→ **Problem description**
Extract all of the entries and set them down verbatim.

→ **Data for this exercise**
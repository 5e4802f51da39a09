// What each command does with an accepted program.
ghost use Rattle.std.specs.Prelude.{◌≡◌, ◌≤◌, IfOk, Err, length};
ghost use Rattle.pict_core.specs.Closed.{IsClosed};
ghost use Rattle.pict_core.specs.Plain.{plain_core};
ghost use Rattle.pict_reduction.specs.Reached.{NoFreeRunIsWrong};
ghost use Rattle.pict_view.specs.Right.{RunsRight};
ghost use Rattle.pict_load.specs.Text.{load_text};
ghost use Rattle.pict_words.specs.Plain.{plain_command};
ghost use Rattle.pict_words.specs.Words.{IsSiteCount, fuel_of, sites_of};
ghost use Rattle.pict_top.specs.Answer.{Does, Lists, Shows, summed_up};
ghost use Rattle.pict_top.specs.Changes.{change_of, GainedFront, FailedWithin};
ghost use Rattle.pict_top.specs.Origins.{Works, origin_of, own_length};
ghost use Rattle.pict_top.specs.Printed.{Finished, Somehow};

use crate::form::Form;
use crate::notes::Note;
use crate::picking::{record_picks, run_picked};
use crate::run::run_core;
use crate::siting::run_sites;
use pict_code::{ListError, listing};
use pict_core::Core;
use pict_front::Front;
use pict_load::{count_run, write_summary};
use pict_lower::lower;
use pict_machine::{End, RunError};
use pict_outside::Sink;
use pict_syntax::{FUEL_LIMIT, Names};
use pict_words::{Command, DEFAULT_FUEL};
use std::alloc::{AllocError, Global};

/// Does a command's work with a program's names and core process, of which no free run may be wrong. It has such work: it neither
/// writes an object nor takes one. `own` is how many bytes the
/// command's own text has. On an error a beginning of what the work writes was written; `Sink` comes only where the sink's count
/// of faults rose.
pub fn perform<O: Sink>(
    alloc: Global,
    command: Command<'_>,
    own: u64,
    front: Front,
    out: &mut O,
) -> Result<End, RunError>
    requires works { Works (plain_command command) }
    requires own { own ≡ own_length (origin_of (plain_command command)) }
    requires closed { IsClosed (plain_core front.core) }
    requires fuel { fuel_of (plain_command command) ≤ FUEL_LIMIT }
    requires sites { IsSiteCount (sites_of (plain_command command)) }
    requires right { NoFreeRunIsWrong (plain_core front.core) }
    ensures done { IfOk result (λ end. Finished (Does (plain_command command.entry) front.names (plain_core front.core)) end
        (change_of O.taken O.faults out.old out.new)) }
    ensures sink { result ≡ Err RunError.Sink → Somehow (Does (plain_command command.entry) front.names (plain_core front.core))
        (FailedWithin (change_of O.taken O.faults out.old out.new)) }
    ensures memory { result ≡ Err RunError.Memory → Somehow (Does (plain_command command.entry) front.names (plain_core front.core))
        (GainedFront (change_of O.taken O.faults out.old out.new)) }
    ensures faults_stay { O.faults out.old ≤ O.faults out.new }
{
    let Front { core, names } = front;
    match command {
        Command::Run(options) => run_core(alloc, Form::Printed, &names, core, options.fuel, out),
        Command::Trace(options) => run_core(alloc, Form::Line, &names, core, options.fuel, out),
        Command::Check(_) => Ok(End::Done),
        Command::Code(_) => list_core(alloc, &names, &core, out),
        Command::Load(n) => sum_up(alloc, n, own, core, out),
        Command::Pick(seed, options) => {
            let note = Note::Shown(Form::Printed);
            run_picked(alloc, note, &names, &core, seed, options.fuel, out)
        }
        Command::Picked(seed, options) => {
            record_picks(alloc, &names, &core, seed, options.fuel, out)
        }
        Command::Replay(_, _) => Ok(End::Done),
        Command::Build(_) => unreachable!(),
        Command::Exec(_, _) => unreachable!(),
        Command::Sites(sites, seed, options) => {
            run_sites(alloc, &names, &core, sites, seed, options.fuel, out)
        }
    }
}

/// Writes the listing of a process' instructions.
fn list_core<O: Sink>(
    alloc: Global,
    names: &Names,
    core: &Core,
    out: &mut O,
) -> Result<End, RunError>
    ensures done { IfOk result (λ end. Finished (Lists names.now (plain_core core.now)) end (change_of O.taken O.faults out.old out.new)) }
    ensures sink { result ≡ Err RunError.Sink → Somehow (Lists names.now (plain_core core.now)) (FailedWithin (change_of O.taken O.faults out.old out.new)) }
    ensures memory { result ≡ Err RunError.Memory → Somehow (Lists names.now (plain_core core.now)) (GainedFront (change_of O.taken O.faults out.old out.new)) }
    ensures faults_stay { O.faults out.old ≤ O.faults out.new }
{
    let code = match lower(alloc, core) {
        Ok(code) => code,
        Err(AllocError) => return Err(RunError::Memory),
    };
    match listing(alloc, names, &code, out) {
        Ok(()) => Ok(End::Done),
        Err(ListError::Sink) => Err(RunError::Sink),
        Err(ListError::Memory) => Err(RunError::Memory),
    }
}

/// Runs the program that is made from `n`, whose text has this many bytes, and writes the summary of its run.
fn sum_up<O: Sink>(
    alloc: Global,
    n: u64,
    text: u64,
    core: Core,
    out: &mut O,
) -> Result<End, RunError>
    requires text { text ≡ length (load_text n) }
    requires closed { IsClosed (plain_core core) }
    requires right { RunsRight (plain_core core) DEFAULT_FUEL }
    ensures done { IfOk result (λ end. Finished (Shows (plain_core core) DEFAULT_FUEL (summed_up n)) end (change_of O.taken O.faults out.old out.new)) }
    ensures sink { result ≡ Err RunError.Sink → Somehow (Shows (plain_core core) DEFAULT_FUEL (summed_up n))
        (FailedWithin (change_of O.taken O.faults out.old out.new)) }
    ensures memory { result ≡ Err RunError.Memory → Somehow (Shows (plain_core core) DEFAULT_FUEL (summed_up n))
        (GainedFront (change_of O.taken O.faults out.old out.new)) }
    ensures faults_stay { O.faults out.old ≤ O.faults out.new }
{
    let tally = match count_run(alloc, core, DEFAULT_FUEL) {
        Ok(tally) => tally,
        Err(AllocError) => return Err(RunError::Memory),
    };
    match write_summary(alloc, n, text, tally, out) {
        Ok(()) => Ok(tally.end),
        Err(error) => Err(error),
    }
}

→ **Final answer**
repository 5e4802f51da39a09
// What each command does with an accepted program.
ghost use Rattle.std.specs.Prelude.{◌≡◌, ◌≤◌, IfOk, Err, length};
ghost use Rattle.pict_core.specs.Closed.{IsClosed};
ghost use Rattle.pict_core.specs.Plain.{plain_core};
ghost use Rattle.pict_reduction.specs.Reached.{NoFreeRunIsWrong};
ghost use Rattle.pict_view.specs.Right.{RunsRight};
ghost use Rattle.pict_load.specs.Text.{load_text};
ghost use Rattle.pict_words.specs.Plain.{plain_command};
ghost use Rattle.pict_words.specs.Words.{IsSiteCount, fuel_of, sites_of};
ghost use Rattle.pict_top.specs.Answer.{Does, Lists, Shows, summed_up};
ghost use Rattle.pict_top.specs.Changes.{change_of, GainedFront, FailedWithin};
ghost use Rattle.pict_top.specs.Origins.{Works, origin_of, own_length};
ghost use Rattle.pict_top.specs.Printed.{Finished, Somehow};

use crate::form::Form;
use crate::notes::Note;
use crate::picking::{record_picks, run_picked};
use crate::run::run_core;
use crate::siting::run_sites;
use pict_code::{ListError, listing};
use pict_core::Core;
use pict_front::Front;
use pict_load::{count_run, write_summary};
use pict_lower::lower;
use pict_machine::{End, RunError};
use pict_outside::Sink;
use pict_syntax::{FUEL_LIMIT, Names};
use pict_words::{Command, DEFAULT_FUEL};
use std::alloc::{AllocError, Global};

/// Does a command's work with a program's names and core process, of which no free run may be wrong. It has such work: it neither
/// writes an object nor takes one. `own` is how many bytes the
/// command's own text has. On an error a beginning of what the work writes was written; `Sink` comes only where the sink's count
/// of faults rose.
pub fn perform<O: Sink>(
    alloc: Global,
    command: Command<'_>,
    own: u64,
    front: Front,
    out: &mut O,
) -> Result<End, RunError>
    requires works { Works (plain_command command) }
    requires own { own ≡ own_length (origin_of (plain_command command)) }
    requires closed { IsClosed (plain_core front.core) }
    requires fuel { fuel_of (plain_command command) ≤ FUEL_LIMIT }
    requires sites { IsSiteCount (sites_of (plain_command command)) }
    requires right { NoFreeRunIsWrong (plain_core front.core) }
    ensures done { IfOk result (λ end. Finished (Does (plain_command command.entry) front.names (plain_core front.core)) end
        (change_of O.taken O.faults out.old out.new)) }
    ensures sink { result ≡ Err RunError.Sink → Somehow (Does (plain_command command.entry) front.names (plain_core front.core))
        (FailedWithin (change_of O.taken O.faults out.old out.new)) }
    ensures memory { result ≡ Err RunError.Memory → Somehow (Does (plain_command command.entry) front.names (plain_core front.core))
        (GainedFront (change_of O.taken O.faults out.old out.new)) }
    ensures faults_stay { O.faults out.old ≤ O.faults out.new }
{
    let Front { core, names } = front;
    match command {
        Command::Run(options) => run_core(alloc, Form::Printed, &names, core, options.fuel, out),
        Command::Trace(options) => run_core(alloc, Form::Line, &names, core, options.fuel, out),
        Command::Check(_) => Ok(End::Done),
        Command::Code(_) => list_core(alloc, &names, &core, out),
        Command::Load(n) => sum_up(alloc, n, own, core, out),
        Command::Pick(seed, options) => {
            let note = Note::Shown(Form::Printed);
            run_picked(alloc, note, &names, &core, seed, options.fuel, out)
        }
        Command::Picked(seed, options) => {
            record_picks(alloc, &names, &core, seed, options.fuel, out)
        }
        Command::Replay(_, _) => Ok(End::Done),
        Command::Build(_) => unreachable!(),
        Command::Exec(_, _) => unreachable!(),
        Command::Sites(sites, seed, options) => {
            run_sites(alloc, &names, &core, sites, seed, options.fuel, out)
        }
    }
}

/// Writes the listing of a process' instructions.
fn list_core<O: Sink>(
    alloc: Global,
    names: &Names,
    core: &Core,
    out: &mut O,
) -> Result<End, RunError>
    ensures done { IfOk result (λ end. Finished (Lists names.now (plain_core core.now)) end (change_of O.taken O.faults out.old out.new)) }
    ensures sink { result ≡ Err RunError.Sink → Somehow (Lists names.now (plain_core core.now)) (FailedWithin (change_of O.taken O.faults out.old out.new)) }
    ensures memory { result ≡ Err RunError.Memory → Somehow (Lists names.now (plain_core core.now)) (GainedFront (change_of O.taken O.faults out.old out.new)) }
    ensures faults_stay { O.faults out.old ≤ O.faults out.new }
{
    let code = match lower(alloc, core) {
        Ok(code) => code,
        Err(AllocError) => return Err(RunError::Memory),
    };
    match listing(alloc, names, &code, out) {
        Ok(()) => Ok(End::Done),
        Err(ListError::Sink) => Err(RunError::Sink),
        Err(ListError::Memory) => Err(RunError::Memory),
    }
}

/// Runs the program that is made from `n`, whose text has this many bytes, and writes the summary of its run.
fn sum_up<O: Sink>(
    alloc: Global,
    n: u64,
    text: u64,
    core: Core,
    out: &mut O,
) -> Result<End, RunError>
    requires text { text ≡ length (load_text n) }
    requires closed { IsClosed (plain_core core) }
    requires right { RunsRight (plain_core core) DEFAULT_FUEL }
    ensures done { IfOk result (λ end. Finished (Shows (plain_core core) DEFAULT_FUEL (summed_up n)) end (change_of O.taken O.faults out.old out.new)) }
    ensures sink { result ≡ Err RunError.Sink → Somehow (Shows (plain_core core) DEFAULT_FUEL (summed_up n))
        (FailedWithin (change_of O.taken O.faults out.old out.new)) }
    ensures memory { result ≡ Err RunError.Memory → Somehow (Shows (plain_core core) DEFAULT_FUEL (summed_up n))
        (GainedFront (change_of O.taken O.faults out.old out.new)) }
    ensures faults_stay { O.faults out.old ≤ O.faults out.new }
{
    let tally = match count_run(alloc, core, DEFAULT_FUEL) {
        Ok(tally) => tally,
        Err(AllocError) => return Err(RunError::Memory),
    };
    match write_summary(alloc, n, text, tally, out) {
        Ok(()) => Ok(tally.end),
        Err(error) => Err(error),
    }
}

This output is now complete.